Almost 28 Million users were active per month in 2002, which isn't bad considering Yahoo had purchased the service in 1999 for a mere $4 billion. In 2002, that was a substantial percentage of total Internet traffic.
And without the brave features pioneered by GeoCities, I have no doubt that the current face of social networking would be a bleak and desolate place, devoid of embedded music files, tiled backgrounds, and spinning animated images.
In the course of allowing everyone to design their own webpage for free, GeoCities also amassed what is arguably the largest collection of awful color combinations and "Under Construction" images with little working guys, all backed up nightly and served up to meet the high-traffic demands of the day.
GeoCities bravely told the growing throng of internet users,"Come here, you!
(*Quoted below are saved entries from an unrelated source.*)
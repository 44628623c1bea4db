//! What a question says.

use sto_part::Test;

/// Whether an amount is added or taken away.
#[derive(Clone, Copy, PartialEq, Eq, Debug)]
pub enum Sign {
    Plus,
    Minus,
}

/// A number, or what the object with a number holds at a key. A box and a counter hold their value at key 0.
#[derive(Clone, Copy, PartialEq, Eq, Debug)]
pub enum Amount {
    Number(i64),
    Value { object: u32, key: i64 },
}

/// An amount of a sum, with its sign.
#[derive(Clone, Copy, PartialEq, Eq, Debug)]
pub struct Term {
    pub sign: Sign,
    pub amount: Amount,
}

/// That the sums of two sides compare by a test.
#[derive(Drop)]
pub struct Comparison {
    pub left: Vec<Term>,
    pub test: Test,
    pub right: Vec<Term>,
}

/// Comparisons that must all be true.
#[derive(Drop)]
pub struct Question {
    pub comparisons: Vec<Comparison>,
}
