//! What the program answers to each command: definitions alone.
//!
//! They stand above all others: words (session_words), text and tokens (unit_text, script_scanner), the grammar
//! (script_grammar), early errors (parse_track), whole scripts and what is shown of them (compile_specs), listings
//! (script_image) and images (session_image_specs). `specs/Sources.antt` says what a file of source text is,
//! `specs/Answer.antt` what is written for all files of a command, and whether one is refused, and `specs/Compiled.antt` how many
//! functions are shown compiled in that.
#![tactic(auto)]
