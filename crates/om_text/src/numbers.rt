//! Words that stand for numbers.

ghost use Rattle.std.specs.Prelude.{◌≡◌, ◌≤◌, ◌+◌, ◌*◌, ◌^◌, Some, None, if◌then◌else◌};
ghost use Rattle.std.specs.Str.Parse.{digits_value};
ghost use Rattle.om_text.specs.Numbers.{are_digits, below, hex_word, long_number_of, number_of};

// How many hexadecimal digits a word of the machine has.
const HEX_WORD_DIGITS: usize = 8;

/// Reads a number in decimal digits, below 2^32: with any number of leading zeros, and no sign.
pub fn number_of(word: &[u8]) -> Option<u32>
    ensures { result ≡ number_of word.now }
{
    narrow(long_number_of(word)?)
}

/// Reads a number in decimal digits, below 2^64: with any number of leading zeros, and no sign.
pub fn long_number_of(word: &[u8]) -> Option<u64>
    ensures { result ≡ long_number_of word.now }
{
    if word.is_empty() {
        return None;
    }
    value_of(word, 10)
}

/// Reads a word of the machine in eight hexadecimal digits, in either case.
pub fn hex_word(word: &[u8]) -> Option<u32>
    ensures { result ≡ hex_word word.now }
{
    if word.len() != HEX_WORD_DIGITS {
        return None;
    }
    narrow(value_of(word, 16)?)
}

// Returns the number, where it is below 2^32.
fn narrow(number: u64) -> Option<u32>
    ensures { result ≡ below (2 ^ 32) (Some number) }
{
    u32::try_from(number).ok()
}

// Returns what the digits write, where they are digits and that is below 2^64.
fn value_of(word: &[u8], radix: u32) -> Option<u64>
    requires least { 2 ≤ radix }
    requires most { radix ≤ 16 }
    ensures { result ≡ (if are_digits radix word.now
        then below (2 ^ 64) (Some (digits_value radix word.now)) else None) }
{
    let mut value = 0;
    for byte in word {
        let digit = char::from(*byte).to_digit(radix)?;
        value = with_digit(value, radix, digit)?;
    }
    Some(value)
}

// Returns what the digits write with one more of them, where that is below 2^64.
fn with_digit(value: u64, radix: u32, digit: u32) -> Option<u64>
    ensures { result ≡ below (2 ^ 64) (Some (value * radix + digit)) }
{
    value
        .checked_mul(u64::from(radix))?
        .checked_add(u64::from(digit))
}
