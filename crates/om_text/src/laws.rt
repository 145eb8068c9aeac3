//! What holds of every script, whatever its lines mean.

ghost use Rattle.om_text.specs.declared.text.TheConstants.{MAX_BYTES, MAX_TURNS};
ghost use Rattle.std.specs.Prelude.{◌≡◌, ℕ, ◌↔◌, List, Err};
ghost use Rattle.om_text.specs.declared.error.ScriptError.{ScriptError};
ghost use Rattle.om_text.specs.Script.{IsFirstFaulty, Meaning, script_from};

/// Proves that a script's error is that of its first faulty line, and where there is one, it is the script's: of any lines, each with
/// its number.
pub fn first_faulty_line_counts<State>()
    ensures { (meaning : Meaning State) (state : State)
        (lines : List (ℕ × List (List ℕ))) (error : ScriptError)
        → (script_from meaning state lines ≡ Err error)
        ↔ IsFirstFaulty meaning state lines error }
{}

/// Proves that the limits of an input, in bytes, and of the reads that it takes are these.
pub fn limits()
    ensures bytes { MAX_BYTES ≡ 16777216 }
    ensures turns { MAX_TURNS ≡ 33554432 }
{}
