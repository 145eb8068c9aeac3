//! The lines of a text.

ghost use Rattle.std.specs.Prelude.{◌≡◌, ◌==◌, ◌<◌, ◌↔◌, [], ◌∷◌, length, position, IsNone, IfSome};
ghost use Rattle.std.specs.Str.Lines.{lines, strip_carriage_return};

// Returns the first line without its end, and what follows it; none of an empty text.
pub(crate) fn split_line(text: &[u8]) -> Option<(&[u8], &[u8])>
    ensures none { IsNone result ↔ (text.now ≡ []) }
    ensures first { IfSome result (λ parts.
        lines text.now ≡ parts.0.now ∷ lines parts.1.now) }
    ensures shorter { IfSome result (λ parts. length parts.1.now < length text.now) }
{
    if text.is_empty() {
        return None;
    }
    match line_end(text) {
        None => Some((text, &[])),
        Some(end) => Some((without_return(&text[..end]), &text[end + 1..])),
    }
}

// Returns the place of the first LF.
fn line_end(text: &[u8]) -> Option<usize>
    ensures { result ≡ position (λ byte. byte == 10) text.now }
{
    text.iter().position(|byte| *byte == b'\n')
}

fn without_return(line: &[u8]) -> &[u8]
    ensures { result.now ≡ strip_carriage_return line.now }
{
    match line {
        [front @ .., b'\r'] => front,
        _ => line,
    }
}
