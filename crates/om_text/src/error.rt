//! What can be wrong with a script.

ghost use Rattle.std.specs.Prelude.{◌≡◌, codes, Some};
ghost use Rattle.om_text.specs.declared.error.BuildError.TheVariants.{Invalid, Memory};
ghost use Rattle.om_text.specs.Errors.{line_error_text, build_error_text, script_error_text};

use std::alloc::{AllocError, AllocFailed};
use std::error::Error;
use std::fmt;

/// What is wrong with a line. Of several faults the first of this list counts.
#[derive(Clone, Copy, Debug, PartialEq, Eq, Hash)]
pub enum LineError {
    UnknownLine,
    WrongCount,
    BadNumber,
    BadWord,
    BadName,
    NameTaken,
    NoSuchName,
    OutOfPlace,
    TooMany,
    BadSize,
    ImageTooLong,
}

impl fmt::Display for LineError {
    ghost output = { λ error. Some (line_error_text error) };

    fn fmt<W: fmt::Write>(&self, f: &mut fmt::Formatter<W>) -> fmt::Result {
        f.write_str(match self {
            LineError::UnknownLine => "unknown line",
            LineError::WrongCount => "wrong count of words",
            LineError::BadNumber => "bad number",
            LineError::BadWord => "bad word",
            LineError::BadName => "bad name",
            LineError::NameTaken => "name taken",
            LineError::NoSuchName => "no such name",
            LineError::OutOfPlace => "out of place",
            LineError::TooMany => "too many",
            LineError::BadSize => "bad size",
            LineError::ImageTooLong => "image too long",
        })
    }
}

impl Error for LineError {}

/// The first faulty line of a script, and what is wrong with it.
#[derive(Clone, Copy, Debug, PartialEq, Eq, Hash)]
pub struct ScriptError {
    /// The line's number from 1, the lines that are passed over counted too.
    pub line: usize,
    pub error: LineError,
}

impl fmt::Display for ScriptError {
    ghost output = { λ error. Some (script_error_text error) };

    fn fmt<W: fmt::Write>(&self, f: &mut fmt::Formatter<W>) -> fmt::Result {
        write!(f, "line {}: {}", self.line, self.error)
    }
}

impl Error for ScriptError {}

/// Why a script, or a line of it, was not read: its error, or out of memory.
#[derive(Clone, Copy, Debug, PartialEq, Eq, Drop)]
pub enum BuildError<F> {
    Invalid(F),
    Memory,
}

impl From<LineError> for BuildError<LineError> {
    ghost from_gives = { λ error e. e ≡ Invalid error };

    fn from(error: LineError) -> BuildError<LineError> {
        BuildError::Invalid(error)
    }
}

impl<F> From<AllocError> for BuildError<F> {
    ghost from_gives = { λ _ e. e ≡ Memory };

    fn from(_e: AllocError) -> BuildError<F> {
        BuildError::Memory
    }
}

impl<F, T: Drop> From<AllocFailed<T>> for BuildError<F> {
    ghost from_gives = { λ _ e. e ≡ Memory };

    fn from(_e: AllocFailed<T>) -> BuildError<F> {
        BuildError::Memory
    }
}

impl<F: fmt::Display> fmt::Display for BuildError<F> {
    ghost output = { λ error. build_error_text F.output error };

    fn fmt<W: fmt::Write>(&self, f: &mut fmt::Formatter<W>) -> fmt::Result {
        match self {
            BuildError::Invalid(error) => error.fmt(f),
            BuildError::Memory => f.write_str("no memory"),
        }
    }
}

impl<F: fmt::Debug + fmt::Display + Drop> Error for BuildError<F> {}
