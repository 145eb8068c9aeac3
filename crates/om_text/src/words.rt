//! The words of a line.

ghost use Rattle.std.specs.Prelude.{◌≡◌, map, OnOk};
ghost use Rattle.om_text.specs.Words.{is_blank, is_passed_over, words_of};

use std::alloc::AllocError;

// Puts the words of a line in place of what was there.
pub(crate) fn split_words<'a>(line: &'a [u8], words: &mut Vec<&'a [u8]>) -> Result<(), AllocError>
    ensures { OnOk result (map (λ word. word.now) words.new.items ≡ words_of line.now) }
{
    words.clear();
    for word in line.split(|b| is_blank(*b)) {
        if !word.is_empty() {
            words.push(word)?;
        }
    }
    Ok(())
}

fn is_blank(byte: u8) -> bool
    ensures { result ≡ is_blank byte }
{
    byte == b' ' || byte == b'\t'
}

// Returns whether a line of these words is passed over: it is empty, or its first word begins with `#`.
pub(crate) fn is_passed_over(words: &[&[u8]]) -> bool
    ensures { result ≡ is_passed_over (map (λ word. word.now) words.now) }
{
    match words {
        [] => true,
        [first, ..] => matches!(first, [b'#', ..]),
    }
}
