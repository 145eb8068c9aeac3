//! Texts in: bytes to lines, lines to words, words to values, and whole scripts over any meaning of a line.
//!
//! A text is read once, and each byte is looked at a few times; its lines and words are borrowed. Nothing is trusted here but
//! what the reader hands over.
//!
//! In an order of reading: `text` (the whole of an input), `lines`, `words`, `numbered` (lines with their numbers), `numbers`,
//! `script` (lines with a meaning), `error` (what can be wrong, and in which line), `laws` (theorems over the definitions).
#![tactic(auto)]

mod error;
pub mod laws;
mod lines;
mod numbered;
mod numbers;
mod script;
mod text;
mod words;

pub use error::{BuildError, LineError, ScriptError};
pub use numbered::numbered_lines;
pub use numbers::{hex_word, long_number_of, number_of};
pub use script::{Builder, read_script};
pub use text::{MAX_BYTES, MAX_TURNS, ReadError, read_text};
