//! The numbers of the lines that say something.

ghost use Rattle.std.specs.Prelude.{◌≡◌, IfOk, map};
ghost use Rattle.std.specs.Str.Lines.{lines};
ghost use Rattle.om_text.specs.Script.{numbered};
ghost use Rattle.om_text.specs.Words.{words_of};

use crate::lines::split_line;
use crate::words::{is_passed_over, split_words};
use std::alloc::{AllocError, Global};

/// Returns the numbers, from 1, of the lines of a text that are not passed over.
pub fn numbered_lines(alloc: Global, text: &[u8]) -> Result<Vec<usize>, AllocError>
    ensures { IfOk result (λ numbers. numbers.items ≡ map (λ line. line.0) (numbered 1 (map words_of (lines text.now)))) }
{
    let mut numbers = Vec::new(alloc);
    let mut words = Vec::new(alloc);
    let mut rest = text;
    let mut number = 0;
    while let Some((line, after)) = split_line(rest) {
        rest = after;
        number += 1;
        split_words(line, &mut words)?;
        if !is_passed_over(&words) {
            numbers.push(number)?;
        }
    }
    Ok(numbers)
}
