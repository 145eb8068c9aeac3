//! Scripts, over any meaning of a line.

ghost use Rattle.std.specs.Prelude.{ℕ, List, map, Result, Ok, if◌then◌else◌};
ghost use Rattle.std.specs.Str.Lines.{lines};
ghost use Rattle.om_text.specs.declared.error.LineError.{LineError};
ghost use Rattle.om_text.specs.Reading.{Gives};
ghost use Rattle.om_text.specs.Script.{at_line, numbered, script_from};
ghost use Rattle.om_text.specs.Words.{is_passed_over, words_of};

use crate::error::{BuildError, LineError, ScriptError};
use crate::lines::split_line;
use crate::words::{is_passed_over, split_words};
use std::alloc::Global;

/// What the lines of a script mean, and what has been built of them so far.
pub trait Builder {
    /// What is built, as the meaning of a line sees it.
    ghost State: { Type 0 };

    /// What a builder has built so far.
    ghost state: { Self → State };

    /// What a state and the words of a line that is not passed over give: the next state, or the
    /// line's error.
    ghost meaning: { State → List (List ℕ) → Result State LineError };

    /// Takes in a line that is not passed over. After an error reading ends, and nothing is said of
    /// the builder.
    fn add_line(&mut self, alloc: Global, words: &[&[u8]]) -> Result<(), BuildError<LineError>>
        ensures { Gives (λ _. state self.new) result
            (meaning (state self.old) (map (λ word. word.now) words.now)) };
}

/// Reads a whole script: what its lines build, or the error of the first faulty one. Lines without
/// words, and those whose first word begins with `#`, are passed over.
#[tactic(auto, using(crate::proofs::FirstFaulty::script_line))]
pub fn read_script<B: Builder + Drop>(
    alloc: Global,
    text: &[u8],
    builder: B,
) -> Result<B, BuildError<ScriptError>>
    ensures { Gives B.state result
        (script_from B.meaning (B.state builder) (numbered 1 (map words_of (lines text.now)))) }
{
    let mut builder = builder;
    let mut words = Vec::new(alloc);
    let mut rest = text;
    let mut number = 0;
    while let Some((line, after)) = split_line(rest) {
        rest = after;
        number += 1;
        split_words(line, &mut words)?;
        take_line(alloc, &words, number, &mut builder)?;
    }
    Ok(builder)
}

// Takes in a line, which may be passed over; its error is one of the script, at the line's number.
fn take_line<B: Builder>(
    alloc: Global,
    words: &[&[u8]],
    number: usize,
    builder: &mut B,
) -> Result<(), BuildError<ScriptError>>
    ensures { Gives (λ _. B.state builder.new) result
        (let line = map (λ word. word.now) words.now in
        if is_passed_over line then Ok (B.state builder.old) else at_line B.meaning (B.state builder.old) (number, line)) }
{
    if is_passed_over(words) {
        return Ok(());
    }
    match builder.add_line(alloc, words) {
        Ok(()) => Ok(()),
        Err(BuildError::Memory) => Err(BuildError::Memory),
        Err(BuildError::Invalid(error)) => Err(BuildError::Invalid(ScriptError {
            line: number,
            error,
        })),
    }
}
There is room for whatever the hell it is you think looks good right here on our servers!"

"Whatever your technical ability, design certification or taste, we've got a place for you." And people came, making GeoCites the third most visited domain in 1999, right after AOL and Yahoo.

Apparently, 1999 was an extremely dark time for the internet.
15MB of free storage online was a pretty sweet deal in 1999, though. You could cram dozens of images into that.
Fortunately, is stepping up to save what it can for posterity.
My daughter has grown up in an Adobe Flash world. It is comforting to know that she will still be able to visit an animated Gif in an online museum in the event some school project requires it.
AOL and Yahoo, huh?
It's amazing anyone stayed online at all.